→ Your instructions: Report the tally of lines featuring the word "count" in the entries below, without anything else.

(Source data)
Start of Block

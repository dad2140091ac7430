//! The rules that a page in use keeps by itself, told from the bytes of its tree. Each walk reads over the bytes once, and
//! stops where the rule is broken.
ghost use Rattle.std.specs.Prelude.{◌≡◌, ◌↔◌, All, IsTrue, option_map};
ghost use Rattle.hb_space.specs.Boxes.{Cuts};
ghost use Rattle.hb_frag.specs.Leaves.{IsWellCut, leaves};
ghost use Rattle.hb_frag.specs.Rules.{AreAlike, BelongsAt, IsNormal};
ghost use Rattle.hb_view.specs.Walks.{WalksOver};
ghost use Rattle.hb_view.specs.Seen.{tree_seen, rest_seen};

use crate::bounds::Bounds;
use crate::lists::rest_behind_list;
use crate::roots::{Root, root_of};
use crate::trees::{ListView, TreeView};

/// Whether the plane cuts the box.
pub(crate) fn cuts(bounds: &Bounds, axis: u8, value: u64) -> bool
    ensures { IsTrue result ↔ Cuts bounds.now axis value }
{
    let at = usize::from(axis);
    let (lo, hi) = bounds.corners();
    at < lo.len() && lo[at] < value && value <= hi[at]
}

/// Goes over a tree with this box, where every cut cuts its box. The box stays as it is.
pub(crate) fn behind_cuts<'a>(tree: &TreeView<'a>, bounds: &mut Bounds) -> Option<&'a [u8]>
    ensures passes { WalksOver (IsWellCut (tree_seen tree.now) bounds.old)
        (rest_seen tree.now) (option_map (λ b. b.now) result) }
    ensures same { bounds.new ≡ bounds.old }
{
    let k = tree.k;
    match root_of(tree) {
        Root::Cut { axis, value, left } => {
            if !cuts(bounds, axis, value) {
                return None;
            }
            let greatest = bounds.take_below(axis, value);
            let below = behind_cuts(&TreeView { k, bytes: left }, bounds);
            bounds.put_hi(axis, greatest);
            let right = below?;
            let least = bounds.take_from(axis, value);
            let from = behind_cuts(&TreeView { k, bytes: right }, bounds);
            bounds.put_lo(axis, least);
            from
        }
        Root::Records { count, first } => Some(rest_behind_list(&ListView { k, count, first })),
        Root::Child { rest, .. } => Some(rest),
        Root::Sibling { rest, .. } => Some(rest),
    }
}

/// Goes over a tree whose leaves are of kinds that stand at the level.
pub(crate) fn behind_kinds<'a>(tree: &TreeView<'a>, level: u8) -> Option<&'a [u8]>
    ensures { WalksOver (All (BelongsAt level) (leaves (tree_seen tree.now)))
        (rest_seen tree.now) (option_map (λ b. b.now) result) }
{
    let k = tree.k;
    match root_of(tree) {
        Root::Cut { left, .. } => {
            let right = behind_kinds(&TreeView { k, bytes: left }, level)?;
            behind_kinds(&TreeView { k, bytes: right }, level)
        }
        Root::Records { count, first } => {
            if level > 0 {
                return None;
            }
            Some(rest_behind_list(&ListView { k, count, first }))
        }
        Root::Child { rest, .. } => {
            if level == 0 {
                return None;
            }
            Some(rest)
        }
        Root::Sibling { rest, .. } => Some(rest),
    }
}

/// Whether two sides should be one leaf.
fn are_alike(left: &TreeView<'_>, right: &TreeView<'_>) -> bool
    ensures { IsTrue result ↔ AreAlike (tree_seen left.now) (tree_seen right.now) }
{
    match (root_of(left), root_of(right)) {
        (Root::Records { .. }, Root::Records { .. }) => true,
        (Root::Child { page, .. }, Root::Child { page: other, .. }) => page == other,
        _ => false,
    }
}

/// Goes over a tree of which no cut has two sides that should be one leaf.
pub(crate) fn behind_normal<'a>(tree: &TreeView<'a>) -> Option<&'a [u8]>
    ensures { WalksOver (IsNormal (tree_seen tree.now)) (rest_seen tree.now) (option_map (λ b. b.now) result) }
{
    let k = tree.k;
    match root_of(tree) {
        Root::Cut { left, .. } => {
            let left = TreeView { k, bytes: left };
            let right = behind_normal(&left)?;
            let right = TreeView { k, bytes: right };
            if are_alike(&left, &right) {
                return None;
            }
            behind_normal(&right)
        }
        Root::Records { count, first } => Some(rest_behind_list(&ListView { k, count, first })),
        Root::Child { rest, .. } => Some(rest),
        Root::Sibling { rest, .. } => Some(rest),
    }
}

End of Block

→ Exercise answer: 4